Case study:
Manish, a bank employee, purchased a plot (15 m × 18 m) in Ghaziabad. He paid ₹ 2,00,000 at the beginning as down payment and agreed to pay the remaining ₹ 6,00,000 at the end of 2 years from the date of purchase.

In order to pay ₹ 6,00,000 at the end of two years, he opened an R.D. account in his bank, with ₹ 20,000 per month at 8% rate of interest.

(i) Find the maturity value of this account at end of 2 years.

(ii) Is the M.V. of the above R.D. account equal to ₹ 6,00,000 ?

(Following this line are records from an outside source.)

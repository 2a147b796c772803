//! The turn, and its calls.

ghost use Rattle.std.specs.Prelude.{◌≡◌, ℕ, ◌≤◌, true, false, List, [], ◌∷◌, ◌++◌, length, vec_len, map, All, IfOk, IfErr, IsOk};
ghost use Rattle.std.specs.List.{range_with_len};
ghost use mathlib.Core.List.{IsPrefix};
ghost use Rattle.spf_turn.specs.Tale.{entries_of, IsMade};
ghost use Rattle.spf_turn.specs.Passes.{IsPassOf, IsOther, fresh_pass, after_take, after_misses, after_put, after_event, after_look};

use crate::board::{Board, COUNT, FREE, Place, SLOT, SharedBoard, TURN};
use crate::held::{Busy, Held};
use crate::making::{join_passes, open_board, split_passes};
use crate::pass::Pass;
use crate::plays::{Add, Give, Look, Try};
use crate::rule::TurnRule;
use spf_base::NoMemory;
use std::alloc::Global;
use std::marker::{Model, PhantomData};
use std::sync::Wait;
use std::thread;

/// A lock on a value whose key stays and whose tale only grows.
pub struct Turn<T, R: TurnRule<T>> {
    board: Board<T, R>,
}

impl<T, R: TurnRule<T>> Model for Turn<T, R> {
    ghost use Rattle.spf_turn.specs.Passes.{TurnState};
    ghost use Rattle.spf_turn.specs.Seats.{IsBoard, turn_state};

    ghost Value = { TurnState R.Key };

    ghost view = { λ turn. turn_state R.key turn.board.shared.table_id turn.board.shared.key };

    ghost invariant = { λ turn. IsBoard turn.board.shared.table_id turn.board.shared.key };
}

impl<T, R: TurnRule<T>> Turn<T, R> {
    /// A turn with this value, and its passes, in the order of their numbers, which begin at 1. Linear in the passes.
    pub fn new(
        alloc: Global,
        value: T,
        passes: u32,
    ) -> Result<(Turn<T, R>, Vec<Pass<T, R>>), NoMemory>
    where
        T: Drop,
        requires passes { (1 ≤ passes) × (passes ≤ 64) }
        requires tale { R.tale value ≡ [] }
        ensures key { IfOk result (λ r. r.0.key ≡ R.key value) }
        ensures made { IfOk result (λ r. r.0.passes ≡ passes) }
        ensures passes { IfOk result (λ r. r.1.items ≡ map (fresh_pass r.0) (range_with_len 1 passes)) }
    {
        let mut all = Vec::with_capacity(alloc, passes as usize)?;
        let (board, seat) = open_board::<T, R>(alloc, value, passes)?;
        split_passes(&board.shared, seat, passes, &mut all);
        Ok((Turn { board }, all))
    }

    /// Takes the turn. It waits while another pass holds it, and tries again and again.
    pub fn take<W: Wait>(&self, rt: &W, pass: &mut Pass<T, R>) -> Held<T, R>
        requires turn { IsPassOf self.now pass.old }
        requires free { pass.old.holds ≡ false }
        ensures key { R.key result.value ≡ self.now.key }
        ensures seen { IsPrefix pass.old.seen (R.tale result.value) }
        ensures own { entries_of R.who pass.old.number (R.tale result.value) ≡ pass.old.own }
        ensures pass { (others : List ℕ) × All (IsOther pass.old) others × (pass.new ≡ after_take (after_misses pass.old others) (R.tale result.value)) }
    {
        for _ in rt.forever() {
            if let Ok(held) = self.try_take(pass) {
                return held;
            }
            thread::yield_now();
        }
        unreachable!()
    }

    /// Takes the turn, or answers which pass holds it.
    pub fn try_take(&self, pass: &mut Pass<T, R>) -> Result<Held<T, R>, Busy>
        requires turn { IsPassOf self.now pass.old }
        requires free { pass.old.holds ≡ false }
        ensures key { IfOk result (λ held. R.key held.value ≡ self.now.key) }
        ensures seen { IfOk result (λ held. IsPrefix pass.old.seen (R.tale held.value)) }
        ensures own { IfOk result (λ held. entries_of R.who pass.old.number (R.tale held.value) ≡ pass.old.own) }
        ensures got { IfOk result (λ held. pass.new ≡ after_take pass.old (R.tale held.value)) }
        ensures busy { IfErr result (λ busy. pass.new ≡ after_misses pass.old (busy.holder ∷ [])) }
        ensures other { IfErr result (λ busy. IsOther pass.old busy.holder) }
        ensures alone { self.now.passes ≡ 1 → IsOk result }
    {
        let table = &self.board.shared;
        let number = u64::from(pass.number);
        let found = table.compare_exchange::<Try<R>>(&mut pass.seat, TURN, FREE, number);
        if found != FREE {
            return Err(Busy {
                holder: found as u32,
            });
        }
        match table.exchange(&mut pass.seat, SLOT, None) {
            Some(value) => Ok(Held {
                value,
                rule: PhantomData,
            }),
            None => unreachable!(),
        }
    }

    /// Puts the turn back with the tale as it was.
    pub fn put(&self, pass: &mut Pass<T, R>, held: Held<T, R>)
        requires turn { IsPassOf self.now pass.old }
        requires holds { pass.old.holds ≡ true }
        requires key { R.key held.value ≡ self.now.key }
        requires tale { R.tale held.value ≡ pass.old.seen }
        ensures { pass.new ≡ after_put pass.old }
    {
        let Held { value, rule: _ } = held;
        let table = &self.board.shared;
        lay(table, &mut pass.seat, value);
        table.swap::<Give>(&mut pass.seat, TURN, FREE);
    }

    /// Puts the turn back with one more entry in the tale, of this pass.
    pub fn put_event(&self, pass: &mut Pass<T, R>, held: Held<T, R>)
        requires turn { IsPassOf self.now pass.old }
        requires holds { pass.old.holds ≡ true }
        requires key { R.key held.value ≡ self.now.key }
        requires entry { (entry : R.Entry) × (R.tale held.value ≡ pass.old.seen ++ entry ∷ []) × (R.who entry ≡ pass.old.number) }
        requires room { length (R.tale held.value) ≤ 4294967295 }
        ensures { (entry : R.Entry) → R.tale held.value ≡ pass.old.seen ++ entry ∷ [] → pass.new ≡ after_event pass.old (R.tale held.value) entry }
    {
        let Held { value, rule: _ } = held;
        let table = &self.board.shared;
        lay(table, &mut pass.seat, value);
        table.fetch_add::<Add<R>>(&mut pass.seat, COUNT, 1);
        table.swap::<Give>(&mut pass.seat, TURN, FREE);
    }

    /// How many entries the tale has. The pass has then seen them.
    pub fn look(&self, pass: &mut Pass<T, R>) -> u64
        requires { IsPassOf self.now pass.old }
        ensures count { result ≡ length pass.new.seen }
        ensures seen { IsPrefix pass.old.seen pass.new.seen }
        ensures own { entries_of R.who pass.new.number pass.new.seen ≡ pass.new.own }
        ensures pass { pass.new ≡ after_look pass.old pass.new.seen }
    {
        self.board.shared.load::<Look<R>>(&mut pass.seat, COUNT)
    }

    /// The value with the whole tale, once all passes are back. Linear in the passes.
    pub fn close(self, passes: Vec<Pass<T, R>>) -> T
        requires turn { All (λ pass. IsPassOf self pass) passes.items }
        requires free { All (λ pass. pass.holds ≡ false) passes.items }
        requires all { vec_len passes ≡ self.passes }
        ensures key { R.key result ≡ self.key }
        ensures seen { All (λ pass. IsPrefix pass.seen (R.tale result)) passes.items }
        ensures own { All (λ pass. entries_of R.who pass.number (R.tale result) ≡ pass.own) passes.items }
        ensures entries { All (λ entry. IsMade self.passes (R.who entry)) (R.tale result) }
    {
        let Turn { board } = self;
        let seat = join_passes(&board.shared, passes);
        let mut closed = board.close_with(seat);
        let Some(value) = closed.take(SLOT) else {
            unreachable!()
        };
        closed.free();
        value
    }
}

impl<T: Drop, R: TurnRule<T>> Drop for Turn<T, R> {
    fn drop(self) {
        let Self { board } = self;
        drop(board);
    }
}

// Lays the value into the empty slot that the seat has.
fn lay<T, R: TurnRule<T>>(table: &SharedBoard<T, R>, seat: &mut Place<T, R>, value: T)
    requires table { seat.old.table_id ≡ table.now.table_id }
    requires empty { seat.old.me.1 ≡ (0, None) ∷ [] }
    ensures table { (seat.new.table_id ≡ seat.old.table_id) × (seat.new.id ≡ seat.old.id) }
    ensures full { seat.new.me ≡ (seat.old.me.0, (0, Some value) ∷ []) }
{
    let empty = table.exchange(seat, SLOT, Some(value));
    let None = empty else { unreachable!() };
}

If not, how much more/less should the monthly instalment be so that Manish gets the required money (₹ 6,00,000) at the end of two years ?

(i) Given,

n = 2 years = 24 months, P = ₹ 20,000, r = 8%

$I = P \times \dfrac{n(n + 1)}{2 \times 12} \times \dfrac{r}{100}$

Substituting values we get :

$\therefore I = 20000 \times \dfrac{24(25)}{24} \times \dfrac{8}{100} \\[1em] = 20000 \times 25 \times \dfrac{8}{100} \\[1em] = 20000 \times 2 \\[1em] = ₹ 40,000$

Maturity Value (M.V.) = Sum deposited + Interest

= ₹ 20,000 × 24 + ₹ 40,000 = ₹ 5,20,000.

Hence, the maturity value of this account at end of 2 years = ₹ 5,20,000.

(ii) Maturity value of the R.D. account is ₹ 5,20,000.

So the maturity value is not equal to ₹ 6,00,000.

₹ 6,00,000 - ₹ 5,20,000 = ₹ 80,000

So, Manish gets ₹ 80,000 less.

Thus, the M.V. of the above R.D. account is not equal to ₹ 6,00,000.

Let required monthly instalment be x.

$I = P \times \dfrac{n(n + 1)}{2 \times 12} \times \dfrac{r}{100}$

Substituting values we get :

$\therefore I = x \times \dfrac{24(25)}{24} \times \dfrac{8}{100} \\[1em] = 2x$

Maturity value = 24x + 2x = 26x

Since required M.V. = 6,00,000

26x = 6,00,000

x = $\dfrac{6,00,000}{26}$ = 23,076.92 ≈ ₹ 23,077.

Difference in monthly instalment = ₹ 23,077 − ₹ 20,000

= ₹ 3,077.

Hence, monthly instalment should be ₹ 3,077 more per month to get ₹ 6,00,000 at the end of two years.